**WHAT THIS TASK INVOLVES:**
Keep only the lines of the data below that contain "outside", and copy them.

**Stored items:**
-=-=-=-=-

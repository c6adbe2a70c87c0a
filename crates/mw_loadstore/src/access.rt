ghost use Rattle.std.specs.Prelude.{◌≡◌, ◌+◌, ◌<◌, ◌≤◌, ◌++◌, length};
ghost use Rattle.std.specs.List.{All, sum_by, flat_map};
ghost use Rattle.mw_bus.specs.Memory.{padded};
ghost use Rattle.mw_loadstore.specs.Pieces.{IsInOneBlock, piece_addresses, addresses_from, piece_len, pieces_of};

use arrayvec::ArrayVec;

/// A part of an access that lies in one block of 64 bytes.
#[derive(Clone, Copy, Debug, Default, PartialEq, Eq)]
pub struct Piece {
    /// The effective address of the piece's first byte.
    pub ea: u64,
    /// How many bytes the piece has.
    pub len: u8,
}

/// The access of `len` bytes from an effective address on, cut where a block of 64 bytes ends. Effective
/// addresses go on at 0 behind the last one (Book I, effective address calculation).
pub fn pieces(ea: u64, len: u8) -> ArrayVec<Piece, 2>
    requires some { 1 ≤ len }
    requires few { len ≤ 64 }
    ensures value { result.items ≡ pieces_of ea len }
    ensures whole { sum_by piece_len result.items ≡ len }
    ensures joined { flat_map piece_addresses result.items ≡ addresses_from ea len }
    ensures each { All IsInOneBlock result.items }
    ensures short { All (λ piece. piece.len ≤ len) result.items }
    ensures at_most_two { length result.items ≤ 2 }
{
    let mut pieces = ArrayVec::new();
    let room = 64 - (ea % 64) as u8;
    if len <= room {
        pieces.push(Piece { ea, len });
    } else {
        pieces.push(Piece { ea, len: room });
        pieces.push(Piece {
            ea: ea.wrapping_add(u64::from(room)),
            len: len - room,
        });
    }
    pieces
}

/// The bytes of two pieces, one after the other, and zeros behind them.
pub fn merge(first: &[u8], second: &[u8]) -> [u8; 8]
    requires { length first.now + length second.now ≤ 8 }
    ensures { result ≡ padded (first.now ++ second.now) }
{
    let mut bytes = [0; 8];
    let (front, back) = bytes.split_at_mut(first.len());
    front.copy_from_slice(first);
    back[..second.len()].copy_from_slice(second);
    bytes
}
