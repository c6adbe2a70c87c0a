ghost use Rattle.std.specs.Prelude.{◌≡◌, ◌≤◌};
ghost use Rattle.mw_isa.specs.Pages.{is_in_ram, is_ram, pages_from};
ghost use Rattle.mw_isa.specs.Storage.{block_of, first_byte, kind_of, pages_of};

use mw_bus::RAM_SIZE;
use mw_isa::{Kind, MemOp, MemWhat, Page, Pages, Stretch, Stretches};

/// How many bytes a page has.
const PAGE_SIZE: u64 = 4096;

/// The effective address of an access's first byte: that of the aligned block for zeros.
fn first_byte(op: &MemOp) -> u64
    ensures { result ≡ first_byte op.now }
{
    match op.what {
        MemWhat::Zero => op.ea - op.ea % 64,
        MemWhat::Load { .. } => op.ea,
        MemWhat::Store { .. } => op.ea,
        MemWhat::Conditional { .. } => op.ea,
        MemWhat::Clean => op.ea,
        MemWhat::Icbi => op.ea,
    }
}

/// What an access is for.
fn kind_of(what: MemWhat) -> Kind
    ensures { result ≡ kind_of what }
{
    match what {
        MemWhat::Load { .. } => Kind::Load,
        MemWhat::Clean => Kind::Load,
        MemWhat::Icbi => Kind::Load,
        MemWhat::Store { .. } => Kind::Store,
        MemWhat::Conditional { .. } => Kind::Store,
        MemWhat::Zero => Kind::Store,
    }
}

/// The pages of so many bytes from an address on.
fn pages_from(kind: Kind, ea: u64, len: u8) -> Pages
    requires { len ≤ 64 }
    ensures { result ≡ pages_from kind ea len }
{
    let left = PAGE_SIZE - ea % PAGE_SIZE;
    if u64::from(len) <= left {
        Pages {
            first: Page { kind, ea, len },
            second: None,
        }
    } else {
        let front = left as u8;
        Pages {
            first: Page {
                kind,
                ea,
                len: front,
            },
            second: Some(Page {
                kind,
                ea: ea.wrapping_add(left),
                len: len - front,
            }),
        }
    }
}

/// The pages of 4 KiB of an access, at most two, in rising order of its bytes, which go on at 0 behind the
/// last address: each with its kind, the effective address of its first byte there and how many bytes lie
/// there. It can't fail.
pub fn pages_of(op: &MemOp) -> Pages
    requires { op.now.len ≤ 64 }
    ensures { result ≡ pages_of op.now }
{
    pages_from(kind_of(op.what), first_byte(op), op.len)
}

/// Whether a stretch lies in RAM, the 16,777,216 bytes from real address 0 on.
fn is_ram(stretch: &Stretch) -> bool
    ensures { result ≡ is_ram stretch.now }
{
    stretch.at <= RAM_SIZE as u64 - u64::from(stretch.len)
}

/// Whether all bytes of an access lie in RAM. It can't fail.
pub fn is_in_ram(at: &Stretches) -> bool
    ensures { result ≡ is_in_ram at.now }
{
    match at.second {
        None => is_ram(&at.first),
        Some(second) => is_ram(&at.first) && is_ram(&second),
    }
}

/// The number of the real 64-byte block in which an access begins (Book II, reservations). It can't fail.
pub fn block_of(at: &Stretches) -> u64
    ensures { result ≡ block_of at.now }
{
    at.first.at / 64
}
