//! An access to storage without storage: where it lies, the interrupt that it raises, the number that its bytes hold, the bytes
//! that it stores, and what it does to the registers; and the pieces of an access, each in one block of 64 bytes.
#![tactic(auto)]

mod access;
mod address;
mod deed;
mod load;
mod raised;
mod registers;
mod store;

pub use access::{Piece, merge, pieces};
pub use address::{block_of, is_in_ram, pages_of};
pub use deed::{deed_by, reached};
pub use load::loaded_number;
pub use raised::access_raises;
pub use registers::{is_reserved, regs_behind};
pub use store::{pieces_in, stored_bytes, stores};
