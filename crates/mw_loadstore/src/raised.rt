ghost use Rattle.std.specs.Prelude.{◌≡◌, ◌≤◌, IfSome, [], ◌∷◌};
ghost use Rattle.mw_isa.specs.Raises.{access_raises, first_raised, pages_raise, place_raises};
ghost use Rattle.mw_isa.specs.Storage.{IsSized, is_aligned, is_exclusive, is_misplaced, is_unaligned_exclusive, needs_ram};
ghost use Rattle.mw_isa.specs.Take.{IsUnmarked};

use crate::address::is_in_ram;
use mw_isa::{
    MemOp, MemWhat, Outcome, PageFault, Raised, Stretches, fault_raises, misaligned, raising,
};

/// Whether the address of an access is a multiple of its length.
fn is_aligned(op: &MemOp) -> bool
    requires { 1 ≤ op.now.len }
    ensures { result ≡ is_aligned op.now }
{
    op.ea % u64::from(op.len) == 0
}

/// Whether an access reserves its block, or stores where it is reserved.
fn is_exclusive(what: MemWhat) -> bool
    ensures { result ≡ is_exclusive what }
{
    match what {
        MemWhat::Load { reserve, .. } => reserve,
        MemWhat::Conditional { .. } => true,
        MemWhat::Store { .. } => false,
        MemWhat::Zero => false,
        MemWhat::Clean => false,
        MemWhat::Icbi => false,
    }
}

/// Whether an access isn't allowed outside RAM.
fn needs_ram(what: MemWhat) -> bool
    ensures { result ≡ needs_ram what }
{
    match what {
        MemWhat::Zero => true,
        MemWhat::Load { reserve, .. } => reserve,
        MemWhat::Conditional { .. } => true,
        MemWhat::Store { .. } => false,
        MemWhat::Clean => false,
        MemWhat::Icbi => false,
    }
}

/// Whether an access is an exclusive one that isn't aligned.
pub fn is_unaligned_exclusive(op: &MemOp) -> bool
    requires { 1 ≤ op.now.len }
    ensures { result ≡ is_unaligned_exclusive op.now }
{
    is_exclusive(op.what) && !is_aligned(op)
}

/// Whether an access has a byte outside RAM, and isn't aligned or needs RAM.
fn is_misplaced(op: &MemOp, at: &Stretches) -> bool
    requires { 1 ≤ op.now.len }
    ensures { result ≡ is_misplaced op.now at.now }
{
    !is_in_ram(at) && (!is_aligned(op) || needs_ram(op.what))
}

/// The interrupt of an access by its pages: that of a page's fault, or else the alignment interrupt of one that is
/// misplaced.
fn stands_raise(op: &MemOp, placed: &Result<Stretches, PageFault>) -> Option<Raised>
    requires { 1 ≤ op.now.len }
    ensures value { result ≡ first_raised (pages_raise placed.now ∷ place_raises op.now placed.now ∷ []) }
    ensures cause { IfSome result (λ raised. IsUnmarked raised.cause) }
{
    match placed {
        Err(wrong) => Some(fault_raises(wrong.fault, wrong.page.kind, wrong.page.ea)),
        Ok(at) => {
            if is_misplaced(op, at) {
                Some(misaligned(op.ea))
            } else {
                None
            }
        }
    }
}

/// The interrupt that an access raises where it stands, if it does: an exclusive one that isn't aligned an
/// alignment interrupt, before its pages are looked at, then the fault of a page, and then one that is misplaced
/// (Book III, data storage, data segment and alignment interrupts; which accesses have to be aligned is this board's own choice). It can't fail.
pub fn access_raises(op: &MemOp, placed: &Result<Stretches, PageFault>) -> Option<Raised>
    requires { IsSized op.now }
    ensures value { result ≡ access_raises op.now placed.now }
    ensures cause { IfSome result (λ raised. IsUnmarked raised.cause) }
{
    if is_unaligned_exclusive(op) {
        Some(misaligned(op.ea))
    } else {
        stands_raise(op, placed)
    }
}
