ghost use Rattle.std.specs.Prelude.{◌≡◌, ◌+◌, ◌≤◌};
ghost use Rattle.mw_bus.specs.Memory.{ram_size};
ghost use Rattle.mw_isa.specs.Pages.{span_of, touch_of, touches_of};
ghost use Rattle.mw_isa.specs.Raises.{reached};
ghost use Rattle.mw_isa.specs.Storage.{IsSized, deed_by, store_deed};

use crate::address::{block_of, is_in_ram, pages_of};
use crate::raised::is_unaligned_exclusive;
use crate::registers::is_reserved;
use arrayvec::ArrayVec;
use mw_isa::{Deed, MemOp, MemWhat, Page, Pages, Span, Stretch, Stretches, Touch};

/// A stretch as one of RAM.
fn span_of(stretch: &Stretch) -> Span
    requires { stretch.now.at + stretch.now.len ≤ ram_size }
    ensures { result ≡ span_of stretch.now }
{
    Span {
        at: stretch.at as u32,
        len: u32::from(stretch.len),
    }
}

/// What a store to these stretches does to changed code.
fn store_deed(at: &Stretches) -> Deed
    ensures { result ≡ store_deed at.now }
{
    if !is_in_ram(at) {
        return Deed::Plain;
    }
    let mut spans = ArrayVec::new();
    spans.push(span_of(&at.first));
    if let Some(second) = at.second {
        spans.push(span_of(&second));
    }
    Deed::Store { spans }
}

/// What an access that takes effect does to changed code, a block being reserved or not (Book II, storage
/// synchronization; that the deed of a store is the bytes that it stores is this board's own choice): a store, zeros and a
/// store-conditional that stores have the stretches of RAM that they store to, icbi its block, and anything else, and what
/// isn't in RAM, nothing. It can't fail.
pub fn deed_by(what: MemWhat, at: &Stretches, reserve: Option<u32>) -> Deed
    ensures { result ≡ deed_by what at.now reserve }
{
    match what {
        MemWhat::Store { .. } => store_deed(at),
        MemWhat::Zero => store_deed(at),
        MemWhat::Conditional { .. } => {
            if is_reserved(at, reserve) {
                store_deed(at)
            } else {
                Deed::Plain
            }
        }
        MemWhat::Icbi => {
            if is_in_ram(at) {
                Deed::Icbi {
                    block: block_of(at) as u32,
                }
            } else {
                Deed::Plain
            }
        }
        MemWhat::Load { .. } => Deed::Plain,
        MemWhat::Clean => Deed::Plain,
    }
}

/// An access to a page.
fn touch_of(page: &Page) -> Touch
    ensures { result ≡ touch_of page.now }
{
    Touch {
        kind: page.kind,
        ea: page.ea,
    }
}

/// The accesses to pages, in order.
fn touches_of(pages: &Pages) -> ArrayVec<Touch, 2>
    ensures { result.items ≡ touches_of pages.now }
{
    let mut touches = ArrayVec::new();
    touches.push(touch_of(&pages.first));
    if let Some(second) = pages.second {
        touches.push(touch_of(&second));
    }
    touches
}

/// The accesses to pages that an access comes to, in order of its bytes: each page that it has, and none where it is an
/// exclusive one that isn't aligned, whose pages aren't looked at. It can't fail.
pub fn reached(op: &MemOp) -> ArrayVec<Touch, 2>
    requires { IsSized op.now }
    ensures { result.items ≡ reached op.now }
{
    if is_unaligned_exclusive(op) {
        ArrayVec::new()
    } else {
        touches_of(&pages_of(op))
    }
}
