ghost use Rattle.std.specs.Prelude.{◌≡◌, ◌≤◌, length, take};
ghost use Rattle.mw_bus.specs.Memory.{number_of};
ghost use Rattle.mw_isa.specs.Storage.{IsSized, extended, loaded_number};

use mw_bits::sext;
use mw_bus::number;
use mw_isa::{MemOp, MemWhat};

/// A number of so many bytes, extended to 64 bits with its sign or with zeros.
fn extended(signed: bool, len: u8, number: u64) -> u64
    requires some { 1 ≤ len }
    requires few { len ≤ 8 }
    ensures { result ≡ extended signed len number }
{
    if signed {
        sext(number, 8 * u32::from(len))
    } else {
        number
    }
}

/// The number that a load gives, from its bytes in the order of storage, which stand in front: in the
/// access's own byte order, extended to 64 bits with its sign or with zeros (Book I, fixed-point load
/// instructions). Of any other access it is 0. It can't fail.
pub fn loaded_number(op: &MemOp, bytes: &[u8; 8]) -> u64
    requires { IsSized op.now }
    ensures { result ≡ loaded_number op.now.what op.now.len (take op.now.len bytes.now) }
{
    match op.what {
        MemWhat::Load {
            signed,
            reversed,
            ..
        } => extended(
            signed,
            op.len,
            number(reversed, &bytes[..usize::from(op.len)]),
        ),
        MemWhat::Store { .. } => 0,
        MemWhat::Conditional { .. } => 0,
        MemWhat::Zero => 0,
        MemWhat::Clean => 0,
        MemWhat::Icbi => 0,
    }
}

-=-=-=-=-

**YOUR SOLUTION:**
/// Whether an access isn't allowed outside RAM.
/// Whether an access has a byte outside RAM, and isn't aligned or needs RAM.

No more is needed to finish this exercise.